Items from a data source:
*-*-*

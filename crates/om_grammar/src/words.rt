//! Writes expressions and conditions as text.

ghost use Rattle.std.specs.Prelude.{◌≡◌, [], ◌∷◌, ◌++◌, codes};
ghost use Rattle.std.specs.Fmt.{decimal};
ghost use Rattle.om_base.specs.Appending.{PutsBehind};
ghost use Rattle.om_token.specs.Quotes.{quoted};
ghost use Rattle.om_grammar.specs.Words as spec;

use crate::cond_tree::{CompareOp, CondTree, Polarity, Predicate};
use crate::expr_tree::{ExprTree, Function, Scale, Sign, Width};
use crate::tree::{ColumnName, Identifier, Label};
use om_base::{NoMemory, Text, put_decimal};

// ---- words

/// A sign between two spaces.
fn spaced_sign(sign: Sign) -> &'static [u8]
    ensures { result.now ≡ spec.spaced (spec.sign_word sign) }
{
    match sign {
        Sign::Plus => b" + ",
        Sign::Minus => b" - ",
    }
}

/// A sign before its factor.
fn leading_sign(sign: Sign) -> &'static [u8]
    ensures { result.now ≡ spec.word (spec.sign_word sign) ++ (32 ∷ []) }
{
    match sign {
        Sign::Plus => b"+ ",
        Sign::Minus => b"- ",
    }
}

/// The operator of a product between two spaces.
fn spaced_scale(scale: Scale) -> &'static [u8]
    ensures { result.now ≡ spec.spaced (spec.scale_word scale) }
{
    match scale {
        Scale::Times => b" * ",
        Scale::Divide => b" / ",
    }
}

/// The word of a memory form, and the parenthesis behind it.
fn width_call(width: Width) -> &'static [u8]
    ensures { result.now ≡ spec.word (spec.width_word width) ++ codes "(" }
{
    match width {
        Width::Byte => b"MEM8(",
        Width::Half => b"MEM16(",
        Width::Word => b"MEM32(",
    }
}

/// The word of an aggregate, and the parenthesis behind it.
fn function_call(function: Function) -> &'static [u8]
    ensures { result.now ≡ spec.word (spec.function_word function) ++ codes "(" }
{
    match function {
        Function::Count => b"COUNT(",
        Function::Min => b"MIN(",
        Function::Max => b"MAX(",
    }
}

/// The operator of a comparison between two spaces.
fn spaced_operator(op: CompareOp) -> &'static [u8]
    ensures { result.now ≡ spec.spaced (spec.operator_word op) }
{
    match op {
        CompareOp::Equal => b" = ",
        CompareOp::NotEqual => b" <> ",
        CompareOp::Less => b" < ",
        CompareOp::LessOrEqual => b" <= ",
        CompareOp::Greater => b" > ",
        CompareOp::GreaterOrEqual => b" >= ",
    }
}

// ---- numbers and names

/// Appends a number.
pub fn put_number(text: &mut Text, number: u64) -> Result<(), NoMemory>
    ensures { PutsBehind result text.old (decimal number) text.new }
{
    put_decimal(text, number as i128)
}

/// Appends what stands between quotes for one byte.
fn put_said(text: &mut Text, quote: u8, byte: u8) -> Result<(), NoMemory>
    ensures { PutsBehind result text.old (spec.said quote byte) text.new }
{
    if byte == quote {
        text.add(&[quote, quote])
    } else {
        text.add(&[byte])
    }
}

/// Appends what stands between quotes so that `said` is said.
fn put_quoted(text: &mut Text, quote: u8, said: &[u8]) -> Result<(), NoMemory>
    ensures { PutsBehind result text.old (quoted quote said.now) text.new }
{
    for byte in said {
        put_said(text, quote, *byte)?;
    }
    Ok(())
}

/// Appends what `said` says, between quotes.
pub fn put_in_quotes(text: &mut Text, quote: u8, said: &[u8]) -> Result<(), NoMemory>
    ensures { PutsBehind result text.old (spec.in_quotes quote said.now) text.new }
{
    text.add(&[quote])?;
    put_quoted(text, quote, said)?;
    text.add(&[quote])
}

/// Appends a name.
pub fn put_identifier(text: &mut Text, name: &Identifier<'_>) -> Result<(), NoMemory>
    ensures { PutsBehind result text.old (spec.identifier_text name.now) text.new }
{
    match name {
        Identifier::Regular(name) => text.add(name.bytes()),
        Identifier::Delimited(said) => put_in_quotes(text, b'"', said.bytes()),
    }
}

/// Appends a range variable and its point.
fn put_qualifier(text: &mut Text, qualifier: &Option<Label<'_>>) -> Result<(), NoMemory>
    ensures { PutsBehind result text.old (spec.qualifier_text qualifier.now) text.new }
{
    match qualifier {
        Some(label) => {
            text.add(label.name.bytes())?;
            text.add(b".")
        }
        None => Ok(()),
    }
}

/// Appends a column.
pub fn put_column(text: &mut Text, column: &ColumnName<'_>) -> Result<(), NoMemory>
    ensures { PutsBehind result text.old (spec.column_text column.now) text.new }
{
    put_qualifier(text, &column.qualifier)?;
    put_identifier(text, &column.name)
}

/// Appends a number, behind a comma.
fn put_bound(text: &mut Text, number: u64) -> Result<(), NoMemory>
    ensures { PutsBehind result text.old (codes ", " ++ decimal number) text.new }
{
    text.add(b", ")?;
    put_number(text, number)
}

/// Appends the bounds of BITS, and the parenthesis that closes.
fn put_bounds(text: &mut Text, high: u64, low: u64) -> Result<(), NoMemory>
    ensures { PutsBehind result text.old (spec.bounds_text high low ++ codes ")") text.new }
{
    put_bound(text, high)?;
    put_bound(text, low)?;
    text.add(b")")
}

// ---- expressions

/// Appends an expression.
#[cycle(expr_text)]
pub fn put_expr(text: &mut Text, expr: &ExprTree<'_>) -> Result<(), NoMemory>
    ensures { PutsBehind result text.old (spec.expr_text expr.now) text.new }
{
    match expr {
        ExprTree::Numeral(numeral) => put_number(text, numeral.value),
        ExprTree::Text { at: _, text: said } => put_in_quotes(text, b'\'', said.bytes()),
        ExprTree::Null { at: _ } => text.add(b"NULL"),
        ExprTree::Column(column) => put_column(text, column),
        ExprTree::Sum(first, rest) => {
            put_term(text, first.get())?;
            for addend in rest.as_slice() {
                text.add(spaced_sign(addend.sign))?;
                put_term(text, &addend.term)?;
            }
            Ok(())
        }
        ExprTree::Product(first, rest) => {
            put_factor(text, first.get())?;
            for factor in rest.as_slice() {
                text.add(spaced_scale(factor.scale))?;
                put_factor(text, &factor.factor)?;
            }
            Ok(())
        }
        ExprTree::Sign { at: _, sign, expr } => {
            text.add(leading_sign(*sign))?;
            put_factor(text, expr.get())
        }
        ExprTree::Signed { at: _, expr } => put_call(text, b"SIGNED(", expr.get()),
        ExprTree::Bits {
            at: _,
            expr,
            high,
            low,
        } => {
            text.add(b"BITS(")?;
            put_expr(text, expr.get())?;
            put_bounds(text, high.value, low.value)
        }
        ExprTree::Memory {
            qualifier,
            at: _,
            width,
            address,
        } => {
            put_qualifier(text, qualifier)?;
            put_call(text, width_call(*width), address.get())
        }
        ExprTree::CountRows { at: _ } => text.add(b"COUNT(*)"),
        ExprTree::Aggregate {
            at: _,
            function,
            expr,
        } => put_call(text, function_call(*function), expr.get()),
    }
}

/// Appends an expression as a term of a sum.
#[cycle(expr_text)]
fn put_term(text: &mut Text, expr: &ExprTree<'_>) -> Result<(), NoMemory>
    ensures { PutsBehind result text.old (spec.expr_texts expr.now).term text.new }
{
    match expr {
        ExprTree::Sum(_, _) => put_call(text, b"(", expr),
        _ => put_expr(text, expr),
    }
}

/// Appends an expression as a factor of a product.
#[cycle(expr_text)]
fn put_factor(text: &mut Text, expr: &ExprTree<'_>) -> Result<(), NoMemory>
    ensures { PutsBehind result text.old (spec.expr_texts expr.now).factor text.new }
{
    match expr {
        ExprTree::Sum(_, _) | ExprTree::Product(_, _) => put_call(text, b"(", expr),
        _ => put_expr(text, expr),
    }
}

/// Appends an expression between a parenthesis, with what stands before it, and the one that closes.
#[cycle(expr_text)]
fn put_call(text: &mut Text, opening: &[u8], expr: &ExprTree<'_>) -> Result<(), NoMemory>
    ensures { PutsBehind result text.old (opening.now ++ (spec.expr_text expr.now ++ codes ")")) text.new }
{
    text.add(opening)?;
    put_expr(text, expr)?;
    text.add(b")")
}

// ---- predicates

/// A word behind an expression, between two spaces, with NOT before it where the predicate is negated.
fn negatable(polarity: Polarity, plain: &'static [u8], negated: &'static [u8]) -> &'static [u8]
    ensures { result.now ≡ spec.chosen polarity plain.now negated.now }
{
    match polarity {
        Polarity::Plain => plain,
        Polarity::Negated => negated,
    }
}

/// Appends the bounds of BETWEEN.
fn put_range(text: &mut Text, low: &ExprTree<'_>, high: &ExprTree<'_>) -> Result<(), NoMemory>
    ensures { PutsBehind result text.old (spec.range_text low.now high.now) text.new }
{
    put_expr(text, low)?;
    text.add(b" AND ")?;
    put_expr(text, high)
}

/// Appends expressions, with commas between them.
fn put_exprs(text: &mut Text, list: &[ExprTree<'_>]) -> Result<(), NoMemory>
    ensures { PutsBehind result text.old (spec.list_text spec.expr_text list.now) text.new }
{
    let [first, rest @ ..] = list else {
        return Ok(());
    };
    put_expr(text, first)?;
    for expr in rest {
        text.add(b", ")?;
        put_expr(text, expr)?;
    }
    Ok(())
}

/// Appends expressions between parentheses.
fn put_list(text: &mut Text, list: &[ExprTree<'_>]) -> Result<(), NoMemory>
    ensures { PutsBehind result text.old (spec.in_brackets (spec.list_text spec.expr_text list.now)) text.new }
{
    text.add(b"(")?;
    put_exprs(text, list)?;
    text.add(b")")
}

/// Appends a predicate.
#[tactic(auto, unfolding(crate::specs::Words::predicate_text))]
fn put_predicate(text: &mut Text, predicate: &Predicate<'_>) -> Result<(), NoMemory>
    ensures { PutsBehind result text.old (spec.predicate_text predicate.now) text.new }
{
    match predicate {
        Predicate::Compare {
            at: _,
            op,
            left,
            right,
        } => {
            put_expr(text, left)?;
            text.add(spaced_operator(*op))?;
            put_expr(text, right)
        }
        Predicate::Between {
            at: _,
            polarity,
            what,
            low,
            high,
        } => {
            put_expr(text, what)?;
            text.add(negatable(*polarity, b" BETWEEN ", b" NOT BETWEEN "))?;
            put_range(text, low, high)
        }
        Predicate::In {
            at: _,
            polarity,
            what,
            list,
        } => {
            put_expr(text, what)?;
            text.add(negatable(*polarity, b" IN ", b" NOT IN "))?;
            put_list(text, list.as_slice())
        }
        Predicate::IsNull {
            at: _,
            polarity,
            what,
        } => {
            put_expr(text, what)?;
            text.add(negatable(*polarity, b" IS NULL", b" IS NOT NULL"))
        }
    }
}

// ---- conditions

/// Appends a condition.
#[cycle(cond_text)]
pub fn put_cond(text: &mut Text, cond: &CondTree<'_>) -> Result<(), NoMemory>
    ensures { PutsBehind result text.old (spec.cond_texts cond.now).whole text.new }
{
    match cond {
        CondTree::Predicate(predicate) => put_predicate(text, predicate),
        CondTree::Not { at: _, cond } => {
            text.add(b"NOT ")?;
            put_neg(text, cond.get())
        }
        CondTree::All(conds) => {
            let [first, rest @ ..] = conds.as_slice() else {
                return Ok(());
            };
            put_neg(text, first)?;
            for neg in rest {
                text.add(b" AND ")?;
                put_neg(text, neg)?;
            }
            Ok(())
        }
        CondTree::Any(conds) => {
            let [first, rest @ ..] = conds.as_slice() else {
                return Ok(());
            };
            put_conj(text, first)?;
            for conj in rest {
                text.add(b" OR ")?;
                put_conj(text, conj)?;
            }
            Ok(())
        }
    }
}

/// Appends a condition as a member of OR.
#[cycle(cond_text)]
fn put_conj(text: &mut Text, cond: &CondTree<'_>) -> Result<(), NoMemory>
    ensures { PutsBehind result text.old (spec.cond_texts cond.now).conj text.new }
{
    match cond {
        CondTree::Any(_) => put_nested(text, cond),
        _ => put_cond(text, cond),
    }
}

/// Appends a condition as a member of AND, or behind NOT.
#[cycle(cond_text)]
fn put_neg(text: &mut Text, cond: &CondTree<'_>) -> Result<(), NoMemory>
    ensures { PutsBehind result text.old (spec.cond_texts cond.now).neg text.new }
{
    match cond {
        CondTree::Any(_) | CondTree::All(_) => put_nested(text, cond),
        _ => put_cond(text, cond),
    }
}

/// Appends a condition between parentheses.
#[cycle(cond_text)]
fn put_nested(text: &mut Text, cond: &CondTree<'_>) -> Result<(), NoMemory>
    ensures { PutsBehind result text.old (spec.in_brackets (spec.cond_texts cond.now).whole) text.new }
{
    text.add(b"(")?;
    put_cond(text, cond)?;
    text.add(b")")
}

*-*-*

• Work task
A count is all that should be returned: the number of lines in these records containing the string "opening".

• Answer for this exercise
3